David Wilson

Personal information
- Full name: David Graham Wilson
- Date of birth: 20 March 1969 (age 56)
- Place of birth: Burnley, Lancashire, England
- Height: 5 ft 10 in (1.78 m)
- Position: Centre midfielder

Youth career
- 1984–1987: Manchester United

Senior career*
- Years: Team / Apps / (Gls)
- 1987–1991: Manchester United / 6 / (0)
- 1990: → Lincoln City (loan) / 3 / (0)
- 1991: → Charlton Athletic (loan) / 7 / (2)
- 1991–1993: Bristol Rovers / 11 / (0)
- 1993: RoPS / 22 / (1)
- 1994–1998: Ljungskile / 135 / (7)
- 1999–2001: Haka / 76 / (3)
- 2002: HJK Helsinki / 11 / (2)
- 2003–2004: Ljungskile / ? / (?)
- 2005: Rosseröd / ? / (?)

Managerial career
- 2003–2005: Ljungskile (player-manager)
- 2006: GIF Sundsvall
- 2006–2009: Ljungskile

= David Wilson (footballer, born 1969) =

English footballer and manager

David Graham Wilson (born 20 March 1969) is an English former footballer and football manager, who was last the manager of Ljungskile in the Swedish Allsvenskan, the first level of football in Sweden. As a player, he played as a centre midfielder for several English clubs, including Manchester United, Charlton Athletic and Bristol Rovers, in the late 1980s and early 1990s, before moving to Scandinavia, playing for various clubs in Finland and Sweden.
Wilson is now employed as an International Scout by Chelsea Football Club.

==Career==
Born in Burnley, Lancashire, Wilson joined Manchester United on associate schoolboy terms in January 1984. He made 12 appearances for the club's Junior B team in the Lancashire League Second Division in 1984–85 season, and signed apprentice forms in May 1985. The following season, he divided his time between the club's Junior A, Junior B and Youth teams, as well as making an appearance for the Reserve team in March 1986. In March 1987, Wilson signed a professional contract with Manchester United and, by the 1987–88 season, he had become a regular in the Reserve team.

The 1988–89 season saw Wilson finally progress to the first team, coming on as an 88th-minute substitute for Clayton Blackmore in a 1–1 home draw with Sheffield Wednesday on 23 November 1988. He made his FA Cup debut later that season, playing in the Third Round tie against Queens Park Rangers on 7 January 1989; the match finished goalless, forcing a replay four days later, which Wilson also played in.

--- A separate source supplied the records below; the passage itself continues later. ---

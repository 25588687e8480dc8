// Cells moved within lent bytes.
ghost use Rattle.std.specs.Prelude.{◌≡◌, ◌+◌, ◌≤◌, length};
ghost use Rattle.numbers.specs.Moving.{moved};

// The cells from `at` up to `end` move up by `by`, the last first: none is written before it is read.
pub fn move_up(s: &mut [u8], at: usize, end: usize, by: usize)
    requires { (at ≤ end) × (end + by ≤ length s.old) }
    ensures { s.new ≡ moved s.old at end by }
{
    for j in (at..end).rev() {
        s[j + by] = s[j];
    }
}
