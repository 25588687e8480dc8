// Numbers read: of one, two, four and eight cells, low byte first.
ghost use Rattle.std.specs.Prelude.{◌≡◌, ◌+◌, ◌<◌, ◌≤◌, length};
ghost use Rattle.language.specs.Table.{two, four, eight};

// The number of the two cells from k on.
// Kept, plainer: `from_le_bytes` takes an array, so the cells would be read one by one into one first; so too of four and eight.
pub fn two_at(t: &[u8], k: usize) -> usize
    requires { k + 2 ≤ length t.now }
    ensures { (result ≡ two t.now k) × (result < 65536) }
{
    usize::from(t[k]) + 256 * usize::from(t[k + 1])
}

// The number of four cells.
pub fn four_at(t: &[u8], k: usize) -> usize
    requires { k + 4 ≤ length t.now }
    ensures { (result ≡ four t.now k) × (result < 4294967296) }
{
    two_at(t, k) + 65536 * two_at(t, k + 2)
}

// The number of eight cells.
pub fn eight_at(t: &[u8], k: usize) -> u64
    requires { k + 8 ≤ length t.now }
    ensures { result ≡ eight t.now k }
{
    (four_at(t, k) + 4294967296 * four_at(t, k + 4)) as u64
}
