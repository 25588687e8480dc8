// Numbers of one, two, four and eight bytes, low byte first, in lent bytes, and bytes put, moved and zeroed. Nothing of IAL is in them but the
// definitions that they share with `language`'s Table.
#![tactic(auto)]

mod moves;
mod reads;
mod stores;

pub use moves::move_up;
pub use reads::{eight_at, four_at, two_at};
pub use stores::{put_bytes, put_eight, put_four, put_two, zero, zero_part};
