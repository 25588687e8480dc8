// A line as it is shown: a record of a store, and how many were merged.
ghost use Rattle.std.specs.Prelude.{[], ◌∷◌, ◌+◌, ◌≤◌, length};
ghost use Rattle.language.specs.Bytes.{bytes_of};
ghost use Rattle.language.specs.Listing.{line, refused_line};
ghost use Rattle.decimal.specs.Writing.{Written};
ghost use Rattle.merge_lines.specs.Lines.{field_shown, reading_shown, verdict_shown, record_line, record_most};

use decimal::{LINE_FEED, MINUS, TAB, of_bits, put_digits, types};
use numbers::put_bytes;
use records::Record;

// The verdict, and the line's end.
fn put_verdict(fail: u64, out: &mut [u8], at: usize) -> usize
    requires { at + 6 ≤ length out.old }
    ensures { Written out.old at (verdict_shown fail) out.new result × (result ≤ at + 6) }
{
    if fail == 0 {
        put_bytes(out, at, b"\tpass\n");
        return at + 6;
    }
    put_bytes(out, at, b"\tfail\n");
    at + 6
}

// A number and a tab.
fn put_column(n: u64, out: &mut [u8], at: usize) -> usize
    requires { at + 21 ≤ length out.old }
    ensures { Written out.old at (field_shown n) out.new result × (result ≤ at + 21) }
{
    let e = put_digits(n, out, at);
    out[e] = TAB;
    e + 1
}

// A reading by meaning.
fn put_reading(x: u64, out: &mut [u8], at: usize) -> usize
    requires { at + 21 ≤ length out.old }
    ensures { Written out.old at (reading_shown x) out.new result × (result ≤ at + 21) }
{
    let m = of_bits(types::INT64, x);
    if !m.negative {
        return put_digits(m.magnitude, out, at);
    }
    out[at] = MINUS;
    put_digits(m.magnitude, out, at + 1)
}

// The line of a record.
pub fn put_record(r: Record, out: &mut [u8], at: usize) -> usize
    requires { at + record_most ≤ length out.old }
    ensures { Written out.old at (record_line r) out.new result × (result ≤ at + record_most) }
{
    let e = put_column(r.appliance, out, at);
    let f = put_column(r.time, out, e);
    let g = put_column(r.tablet, out, f);
    let h = put_reading(r.reading, out, g);
    put_verdict(r.fail, out, h)
}

// `merged`, how many.
pub fn put_merged(n: u64, out: &mut [u8]) -> usize
    requires { 28 ≤ length out.old }
    ensures { Written out.old 0 (line (bytes_of "merged") (n ∷ [])) out.new result × (result ≤ 28) }
{
    put_bytes(out, 0, b"merged\t");
    let e = put_digits(n, out, 7);
    out[e] = LINE_FEED;
    e + 1
}

// `refused`, a refusal's number and its place.
pub fn put_refused(number: u64, place: u64, out: &mut [u8]) -> usize
    requires { 50 ≤ length out.old }
    ensures { Written out.old 0 (refused_line number place) out.new result × (result ≤ 50) }
{
    put_bytes(out, 0, b"refused\t");
    let e = put_column(number, out, 8);
    let f = put_digits(place, out, e);
    out[f] = LINE_FEED;
    f + 1
}
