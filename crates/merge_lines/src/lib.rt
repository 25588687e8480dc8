// The lines of the merge: a test as four numbers, a record as it is shown, and what was merged or refused.
#![tactic(auto)]

mod shown;
mod told;

// How many bytes the line of a record takes at most: `record_most` says the same.
pub const RECORD_MOST: usize = 90;

pub use shown::{put_merged, put_record, put_refused};
pub use told::{Line, first, line_numbers, number};
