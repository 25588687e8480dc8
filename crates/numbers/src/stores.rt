// Numbers and bytes stored. Each store says which cells it writes from which place on: every other cell, and the length, is as it was.
ghost use Rattle.std.specs.Prelude.{◌≡◌, ◌+◌, ◌%◌, ◌≤◌, length};
ghost use Rattle.std.proofs.lemmas.List.Edits.{sets};
ghost use Rattle.language.specs.Answers.{zeros};
ghost use Rattle.language.specs.Table.{two_bytes, four_bytes, eight_bytes};

// The low byte of a number.
fn low(n: usize) -> u8
    ensures { result ≡ n % 256 }
{
    (n % 256) as u8
}

// The number n in two cells from k on, low byte first.
pub fn put_two(t: &mut [u8], k: usize, n: usize)
    requires { k + 2 ≤ length t.old }
    ensures { t.new ≡ sets t.old k (two_bytes n) }
{
    t[k] = low(n);
    t[k + 1] = low(n / 256);
}

// In four cells.
pub fn put_four(t: &mut [u8], k: usize, n: usize)
    requires { k + 4 ≤ length t.old }
    ensures { t.new ≡ sets t.old k (four_bytes n) }
{
    put_two(t, k, n);
    put_two(t, k + 2, n / 65536);
}

// In eight cells.
pub fn put_eight(t: &mut [u8], k: usize, n: u64)
    requires { k + 8 ≤ length t.old }
    ensures { t.new ≡ sets t.old k (eight_bytes n) }
{
    put_four(t, k, n as usize);
    put_four(t, k + 4, (n / 4294967296) as usize);
}

// The bytes of s from cell k on.
pub fn put_bytes(t: &mut [u8], k: usize, s: &[u8])
    requires { k + length s.now ≤ length t.old }
    ensures { t.new ≡ sets t.old k s.now }
{
    // Kept, rule: `copy_from_slice` would be a call of `memmove`, which `libial.a` does not ask of whoever links it.
    for i in 0..s.len() {
        t[k + i] = s[i];
    }
}

// n cells from a on become 0.
pub fn zero_part(t: &mut [u8], a: usize, n: usize)
    requires { a + n ≤ length t.old }
    ensures { t.new ≡ sets t.old a (zeros n) }
{
    t[a..a + n].fill(0);
}

// Every cell becomes 0.
pub fn zero(t: &mut [u8])
    ensures { t.new ≡ zeros (length t.old) }
{
    t.fill(0);
}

Unfortunately for Wilson, his sixth appearance for the club – all of which came as a substitute – would also be his last first team outing. After that 2–0 home defeat to Derby County, Wilson returned to playing in the club's Reserve team, and was sent on a month-long loan to Lincoln City in October 1990. In March 1991, he went on loan again, this time to Charlton Athletic, where he played until the end of the season. His Manchester United contract expired at the end of June 1991, and he was allowed to join Bristol Rovers on a free transfer on 30 June 1991.

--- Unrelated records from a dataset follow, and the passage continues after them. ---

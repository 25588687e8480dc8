// Bytes put down in a lent buffer at a place, one part after the other. No function asks for room: a byte that has none is dropped and counted.
#![tactic(auto)]

ghost use Rattle.std.specs.Prelude.{◌≡◌};
ghost use Rattle.page.specs.Page.{page, next, put, puts, closed};

use numbers::put_bytes;
use table::MAX_TEXT;

fn after(at: usize) -> usize
    ensures { result ≡ next at }
{
    if at <= MAX_TEXT {
        return at + 1;
    }
    at
}

// One byte; the place after it.
fn put_byte(out: &mut [u8], at: usize, b: u8) -> usize
    ensures { page out.new result ≡ put (page out.old at) b }
{
    if at < out.len() {
        out[at] = b;
        return after(at);
    }
    after(at)
}

// `put_part` where the bytes may not all have room.
fn put_each(out: &mut [u8], at: usize, s: &[u8]) -> usize
    ensures { page out.new result ≡ puts (page out.old at) s.now }
{
    let mut p = at;
    for b in s {
        p = put_byte(out, p, *b);
    }
    p
}

// All bytes of a slice; the place after them.
pub fn put_part(out: &mut [u8], at: usize, s: &[u8]) -> usize
    ensures { page out.new result ≡ puts (page out.old at) s.now }
{
    let n = s.len();
    if MAX_TEXT < n {
        return put_each(out, at, s);
    }
    if MAX_TEXT - n < at {
        return put_each(out, at, s);
    }
    if out.len() < at + n {
        return put_each(out, at, s);
    }
    put_bytes(out, at, s);
    at + n
}

// Zeros from a place on; the place.
pub fn zero_from(out: &mut [u8], at: usize) -> usize
    ensures { (result ≡ at) × (out.new ≡ closed out.old at) }
{
    if at < out.len() {
        out[at..].fill(0);
    }
    at
}
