//! The reader of lines.
ghost use Rattle.std.specs.Prelude.{◌≡◌, ◌↔◌, ◌≤◌, ℕ, List, slice_index, Some, IfNone, IfSome};
ghost use Rattle.std.specs.Fmt.{decimal};
ghost use Rattle.arimaa_board.specs.declared.board.Board.{Board as Squares};
ghost use Rattle.arimaa_board.specs.declared.turn.NotedStep.{NotedStep};
ghost use Rattle.arimaa_notation.specs.Items.{is_blank};
ghost use Rattle.arimaa_forced.specs.declared.entry.Entry.{Entry as EntryValue};
ghost use Rattle.arimaa_strategy.specs.Text.{IsBoardAndTurn, IsEntryText};

use arimaa_board::{Board, Color, Noted, Position, read_board};
use arimaa_forced::Entry;
use arimaa_notation::{first_item, is_blank, read_number, read_turn, trim_start};

// The entry of a line without its end, with the attacker to move.
pub fn read_entry(line: &[u8], attacker: Color) -> Option<Entry>
    ensures form { IfSome result (λ e. IsEntryText line.now attacker e) }
    ensures none { IfNone result ((e : EntryValue) → ¬ IsEntryText line.now attacker e) }
{
    let Some((item, rest)) = first_item(line) else {
        return None;
    };
    let Some(rank) = read_rank(item) else {
        return None;
    };
    let Some((board, turn)) = read_board_and_turn(rest) else {
        return None;
    };
    Some(Entry {
        position: Position {
            board,
            side: attacker,
        },
        rank,
        turn,
    })
}

// The rank that an item writes.
fn read_rank(item: &[u8]) -> Option<u8>
    ensures { (n : ℕ) → (result ≡ Some n) ↔ ((n ≤ 99) × (item.now ≡ decimal n)) }
{
    match read_number(item) {
        None => None,
        Some(number) => {
            if number <= 99 {
                Some(number as u8)
            } else {
                None
            }
        }
    }
}

/// The board and the turn that follow the first item of a line: after blanks the board's text, and
/// after a blank the turn with its removal marks. None comes exactly where the bytes are no such
/// text.
pub fn read_board_and_turn(rest: &[u8]) -> Option<(Board, Noted)>
    ensures form { IfSome result (λ x. IsBoardAndTurn rest.now x.0 x.1) }
    ensures none { IfNone result ((b : Squares) (ns : List NotedStep)
        → ¬ IsBoardAndTurn rest.now b ns) }
{
    let text = trim_start(rest);
    if text.len() < 66 {
        return None;
    }
    let (board, turn) = text.split_at(66);
    if !begins_blank(turn) {
        return None;
    }
    let Ok(board) = read_board(board) else {
        return None;
    };
    let Ok(turn) = read_turn(turn) else {
        return None;
    };
    Some((board, turn))
}

// Whether the first byte is a blank.
fn begins_blank(bytes: &[u8]) -> bool
    ensures { result ≡ is_blank (slice_index bytes.now 0) }
{
    match bytes {
        [first, ..] => is_blank(*first),
        [] => false,
    }
}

Wilson played for Bristol Rovers for two seasons, but only managed 11 appearances for the Somerset club before moving to Finland to play for RoPS (Rovaniemen Palloseura) for the second half of the 1993 Veikkausliiga season. He was then picked up by Ljungskile of Sweden for the 1994 season, and played for them until the end of 1998. Between 1999 and 2001, Wilson played for Haka of Finland where he twice picked up a league winners medal, but he was then signed by HJK Helsinki for the 2002 season, winning a further league title. In 2003, Wilson returned to Sweden and to Ljungskile, this time as a player-manager. He remained in the role for two seasons, before spending a third purely as a manager. In that third season, he guided the team to promotion to the Superettan via a play-off win against Vasby United and a fourth-place finish in 2005 during their first season back in the Superettan, before winding down his playing career with Rosseröd.

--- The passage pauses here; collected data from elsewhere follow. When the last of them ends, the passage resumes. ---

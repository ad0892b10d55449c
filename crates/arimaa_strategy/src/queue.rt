//! The positions that are met, each once, in the order of first meeting.
ghost use Rattle.std.specs.Prelude.{◌≡◌, [], ◌∷◌, OnOk, is_none};
ghost use Rattle.std.specs.List.{filter};
ghost use Rattle.arimaa_model.specs.DecidedPositions.{decided};
ghost use Rattle.arimaa_model.specs.Results.{first_occurrences};
ghost use Rattle.arimaa_region.specs.Segments.{live_of};

use arimaa_board::Position;
use arimaa_history::Barred;
use arimaa_model::decided;
use arimaa_region::Region;
use std::alloc::AllocError;

/// Adds an undecided position at the end, unless it stands in the queue. A decided one is not met.
///
/// An error says that no memory was left.
pub fn meet(queue: &mut Barred, q: &Position) -> Result<(), AllocError>
    ensures { OnOk result (queue.new
        ≡ first_occurrences queue.old (filter (λ x. is_none (decided x)) (q.now ∷ []))) }
{
    if decided(q).is_some() || queue.contains(q) {
        return Ok(());
    }
    queue.push(*q)?;
    Ok(())
}

/// Adds the undecided ones of the live positions of a list at the end, in their order, each unless
/// it stands in the queue.
///
/// An error says that no memory was left.
pub fn meet_all(queue: &mut Barred, list: &Region) -> Result<(), AllocError>
    ensures { OnOk result (queue.new
        ≡ first_occurrences queue.old (filter (λ x. is_none (decided x))
        (live_of list.now.segments))) }
{
    for place in 0..list.live() {
        meet(queue, &list.get(place))?;
    }
    Ok(())
}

The following season, Wilson went into management on a full-time basis, taking the reins at GIF Sundsvall. After a season in Sundsvall, Wilson returned to Ljungskile for a third time, and guided them to promotion to the Allsvenskan in his second season back at the club. In the 2008 season, however, Ljungskile could only finish in 14th place in the league and had to play in a relegation play-off against the third-placed team from the Superettan, Brommapojkarna. Ljungskile managed a 0–0 draw away from home, but a 1–1 draw at the H. A. Bygg Arena meant that Brommapojkarna were promoted to the Allsvenskan on away goals, at Ljungskile's expense.

== Coaching career ==
Wilson's first foray into management came in 2003, when he was made player-manager of Ljungskile. He returned to playing for a season in 2005, before becoming a full-time manager with GIF Sundsvall in 2006. He returned to Ljungskile later that year, and guided them to promotion to the Allsvenskan in 2007 and left his position as manager of LSK in November 2008.